By analyzing existing cross correlation between Needham Small Cap and Prudential Short Duration, you can compare the effects of market volatilities on Needham Small and Prudential Short and check how they will diversify away market risk if combined in the same portfolio for a given time horizon. You can also utilize pair trading strategies of matching a long position in Needham Small with a short position of Prudential Short. Check out your portfolio center. Please also check ongoing floating volatility patterns of Needham Small and Prudential Short.

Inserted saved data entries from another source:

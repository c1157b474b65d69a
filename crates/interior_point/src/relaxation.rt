//! The linear relaxation of a view, by an interior point method, and the best Lagrangian bound that was met on the way.

use crate::interior::Interior;
use crate::interior::variable::{NONE, Reach, WHOLE};
use crate::lagrangian::Lagrangian;
use crate::matrix::Matrix;
use crate::places::append;
use crate::view::View;
use adv_base::NoMemory;
use std::alloc::Global;

/// The most rounds, and the first that is evaluated.
const MOST_ROUNDS: u32 = 40;

const FIRST_EVALUATED: u32 = 4;
/// No more rounds are made where values and slacks have products below this on the average, or where steps are too short.
const LEAST_MEAN: f64 = 1e-13;

const LEAST_STEP: f64 = 0.001;

const SHORT_STEP: f64 = 0.02;

/// What the last solution found.
#[derive(Drop)]
pub struct Relaxation {
    /// The best bound, with its price of a page and its rents by link of the view.
    pub bound: f64,
    pub page: f64,
    pub rents: Vec<f64>,
    /// How much of each candidate of the view the relaxation takes.
    pub shares: Vec<f64>,
    interior: Interior,
    /// The rents that are evaluated.
    present: Vec<f64>,
}

impl Relaxation {
    /// All memory that relaxations of views of a matrix take. Want of memory is the one error.
    pub fn new(alloc: Global, matrix: &Matrix) -> Result<Relaxation, NoMemory> {
        Ok(Relaxation {
            bound: f64::NEG_INFINITY,
            page: 0.0,
            rents: Vec::with_capacity(alloc, matrix.links.len())?,
            shares: Vec::with_capacity(alloc, 256)?,
            interior: Interior::new(alloc, matrix)?,
            present: Vec::with_capacity(alloc, matrix.links.len())?,
        })
    }

    /// Solves the relaxation of a view until the bound is so near to the target, as a part of what is missing; whether the
    /// bound reaches it. The bound is that of the best rents, and minus infinity where none were evaluated.
    pub fn solve(
        &mut self,
        view: &View,
        lagrangian: &mut Lagrangian,
        target: f64,
        tolerance: f64,
    ) -> bool {
        self.bound = f64::NEG_INFINITY;
        self.page = 0.0;
        self.rents.clear();
        self.shares.clear();
        if !self.interior.begin(view) {
            return false;
        }
        let mut reach = WHOLE;
        for round in 0..MOST_ROUNDS {
            let products = self.interior.product(&NONE);
            let mean = products / self.interior.count();
            if round >= FIRST_EVALUATED {
                self.evaluate(view, lagrangian);
                let missing = (target - self.bound).max(0.0);
                let near = products * self.interior.scale < tolerance * missing;
                if self.bound >= target || round > FIRST_EVALUATED && (near || is_stuck(&reach)) {
                    break;
                }
            }
            if !(mean >= LEAST_MEAN) || !self.is_inside() || round + 1 == MOST_ROUNDS {
                break;
            }
            reach = self.interior.advance(view, mean);
        }
        for share in self.interior.shares.as_slice() {
            append(&mut self.shares, share.taken.value);
        }
        self.bound >= target
    }

    /// Whether the point is a number.
    fn is_inside(&self) -> bool {
        let room = &self.interior.knapsack;
        room.value.is_finite() && room.slack.is_finite() && room.slack > 0.0
    }

    /// Evaluates the present rents, and keeps them where they are the best.
    fn evaluate(&mut self, view: &View, lagrangian: &mut Lagrangian) {
        self.present.clear();
        for link in self.interior.links.as_slice() {
            append(
                &mut self.present,
                (link.slack * self.interior.scale).max(0.0),
            );
        }
        lagrangian.evaluate(view, self.present.as_slice());
        if lagrangian.value > self.bound {
            self.bound = lagrangian.value;
            self.page = lagrangian.page;
            self.rents.clear();
            for rent in self.present.as_slice() {
                append(&mut self.rents, *rent);
            }
        }
    }
}

/// Whether steps are too short to go on.
fn is_stuck(reach: &Reach) -> bool {
    let shortest = reach.primal.min(reach.dual);
    shortest < LEAST_STEP || reach.primal.max(reach.dual) < SHORT_STEP
}
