//! A programme as one sparse matrix: what candidates offer below what exists.

use crate::places::{NO_PLACES, Places, at, put};
use std::num::nearest_i64_to_f64;

/// The most of a price, an internal cost or a size that is looked at, 2^55: what a plan costs stays below 2^59.
pub const LARGEST: i64 = 36_028_797_018_963_968;
/// In place of a base where nothing that exists gives an order, 2^59: more than any plan costs.
pub const NO_PRICE: i64 = 576_460_752_303_423_488;
/// The most of an upkeep that is looked at, 2^100.
pub const MOST_UPKEEP: u128 = 1_267_650_600_228_229_401_496_703_205_376;
/// The rows of a part whose prices fit a short list.
const FEW_ROWS: usize = 64;

/// What a candidate, counted from 0, offers for an order, with the place of its link.
#[derive(Clone, Copy)]
pub struct Offer {
    pub price: i64,
    pub link: u32,
    pub candidate: u8,
}

/// An order of a slot that a template needs and that a candidate offers below what exists: the price of what exists, and the
/// offers below it, by price.
#[derive(Clone, Copy)]
pub struct Row {
    pub base: i64,
    pub offers: Places,
}

/// A template: its internal cost with the bases of the orders that have no row, and where its rows stand in `needs`.
#[derive(Clone, Copy)]
pub struct Template {
    pub internal: i64,
    pub needs: Places,
}

/// A part of the programme. Some template of it has a price without candidates.
#[derive(Clone, Copy)]
pub struct MatrixPart {
    pub weight: i64,
    pub rows: Places,
    pub templates: Places,
    pub links: Places,
}

/// A grant that offers something: its candidate, from 0, its part, and the place of its rent among those of multipliers.
#[derive(Clone, Copy)]
pub struct Link {
    pub candidate: u8,
    pub part: u32,
    pub rent: usize,
}

/// The matrix. Candidates are counted from 0. `touched` has the places of the parts in which a candidate offers something, at
/// the places that `touches` has for it.
#[derive(Drop)]
pub struct Matrix {
    pub parts: Vec<MatrixPart>,
    pub rows: Vec<Row>,
    pub offers: Vec<Offer>,
    pub templates: Vec<Template>,
    pub needs: Vec<u32>,
    pub links: Vec<Link>,
    pub touched: Vec<u32>,
    pub touches: [Places; 256],
    pub sizes: [i64; 256],
    pub upkeep: [i128; 256],
    /// The group of each candidate, of which at most one may be in; 0 where it is in none.
    pub groups: [u8; 256],
    pub kept: i128,
    /// How many candidates there are.
    pub count: usize,
}

/// The float nearest to a number, or one beside it.
pub fn float_of(number: i128) -> f64 {
    let high = (number >> 32).clamp(i64::MIN as i128, i64::MAX as i128) as i64;
    let low = (number & 0xffff_ffff) as i64;
    nearest_i64_to_f64(high) * 4_294_967_296.0 + nearest_i64_to_f64(low)
}

/// The price of a row under a configuration.
fn price_of(offers: &[Offer], base: i64, on: &[bool; 256]) -> i64 {
    for offer in offers {
        if on[offer.candidate as usize] {
            return offer.price;
        }
    }
    base
}

impl Matrix {
    /// What a template costs by the prices of its part's rows, of which the first stands at a place.
    fn template_cost(&self, template: &Template, first: usize, prices: &[i64]) -> i64 {
        let mut cost = template.internal;
        for need in template.needs.of(self.needs.as_slice()) {
            let row = (*need as usize).wrapping_sub(first);
            cost = cost.wrapping_add(at(prices, row, NO_PRICE));
        }
        cost
    }

    /// The cost of a part, where its rows aren't more than the list of their prices has places.
    fn cost_by(&self, part: &MatrixPart, on: &[bool; 256], prices: &mut [i64]) -> i64 {
        let offers = self.offers.as_slice();
        let rows = part.rows.of(self.rows.as_slice());
        for (price, row) in prices.iter_mut().zip(rows) {
            *price = price_of(row.offers.of(offers), row.base, on);
        }
        let mut best = NO_PRICE;
        for template in part.templates.of(self.templates.as_slice()) {
            best = best.min(self.template_cost(template, part.rows.from, prices));
        }
        best
    }

    fn cost_by_many(&self, part: &MatrixPart, on: &[bool; 256]) -> i64 {
        let mut prices = [NO_PRICE; 2048];
        self.cost_by(part, on, prices.as_mut_slice())
    }

    fn cost_by_few(&self, part: &MatrixPart, on: &[bool; 256]) -> i64 {
        let mut prices = [NO_PRICE; FEW_ROWS];
        self.cost_by(part, on, prices.as_mut_slice())
    }

    /// What the plan of a part costs under a configuration, without its weight; 0 where there is no such part.
    pub fn part_cost(&self, part: usize, on: &[bool; 256]) -> i64 {
        if part >= self.parts.len() {
            return 0;
        }
        let part = &self.parts[part];
        if part.rows.count() <= FEW_ROWS {
            self.cost_by_few(part, on)
        } else {
            self.cost_by_many(part, on)
        }
    }

    /// Whether at most one of two candidates may be in.
    pub fn clash(&self, one: usize, other: usize) -> bool {
        let group = at(&self.groups, one, 0);
        group != 0 && one != other && group == at(&self.groups, other, 0)
    }

    /// What a configuration costs in all.
    pub fn total(&self, on: &[bool; 256]) -> i128 {
        let mut total = self.kept;
        for (chosen, upkeep) in on.iter().zip(self.upkeep) {
            if *chosen {
                total = total.wrapping_add(upkeep);
            }
        }
        for place in 0..self.parts.len() {
            let weight = self.parts[place].weight as i128;
            total = total.wrapping_add(weight.wrapping_mul(self.part_cost(place, on) as i128));
        }
        total
    }
}
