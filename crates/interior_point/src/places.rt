//! Places in lists, and reading and writing at places that needn't be there: what is missing costs a proposal, nothing else.

/// The places of a list from one on and before another.
#[derive(Clone, Copy)]
pub struct Places {
    pub from: usize,
    pub to: usize,
}

/// No places.
pub const NO_PLACES: Places = Places { from: 0, to: 0 };

impl Places {
    /// How many places there are.
    pub fn count(&self) -> usize {
        self.to.saturating_sub(self.from)
    }

    /// What stands at the places, as far as the list goes.
    pub fn of<'a, T>(&self, list: &'a [T]) -> &'a [T] {
        let to = self.to.min(list.len());
        &list[self.from.min(to)..to]
    }

    /// The same, to be written.
    pub fn of_mut<'a, T>(&self, list: &'a mut [T]) -> &'a mut [T] {
        let to = self.to.min(list.len());
        &mut list[self.from.min(to)..to]
    }
}

/// What stands at a place, or another value where there is no such place.
pub fn at<T: Copy>(list: &[T], place: usize, other: T) -> T {
    if place < list.len() {
        list[place]
    } else {
        other
    }
}

/// Puts a value at a place, where there is one.
pub fn put<T: Copy>(list: &mut [T], place: usize, value: T) {
    if place < list.len() {
        list[place] = value;
    }
}

/// Appends a value where there is room.
pub fn append<T: Copy>(list: &mut Vec<T>, value: T) {
    match list.push(value) {
        Ok(()) => {}
        Err(_) => {}
    }
}

/// Makes a list so many times a value, where there is room.
pub(crate) fn refill<T: Copy>(list: &mut Vec<T>, count: usize, value: T) {
    list.clear();
    for _place in 0..count {
        append(list, value);
    }
}

/// Adds to a number at a place, where there is one.
pub(crate) fn add(list: &mut [f64], place: usize, value: f64) {
    if place < list.len() {
        list[place] += value;
    }
}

Diversification Opportunities for Needham Small and Prudential Short

-0.52
  Correlation Coefficient

Excellent diversification

The 3 months correlation between Needham and Prudential is -0.52. Overlapping area represents the amount of risk that can be diversified away by holding Needham Small Cap and Prudential Short Duration in the same portfolio, assuming nothing else is changed. The correlation between historical prices or returns on Prudential Short Duration and Needham Small is a relative statistical measure of the degree to which these equity instruments tend to move together. The correlation coefficient measures the extent to which returns on Needham Small Cap are associated (or correlated) with Prudential Short. Values of the correlation coefficient range from -1 to +1, where. The correlation of zero (0) is possible when the price movement of Prudential Short Duration has no effect on the direction of Needham Small i.e., Needham Small and Prudential Short go up and down completely randomly.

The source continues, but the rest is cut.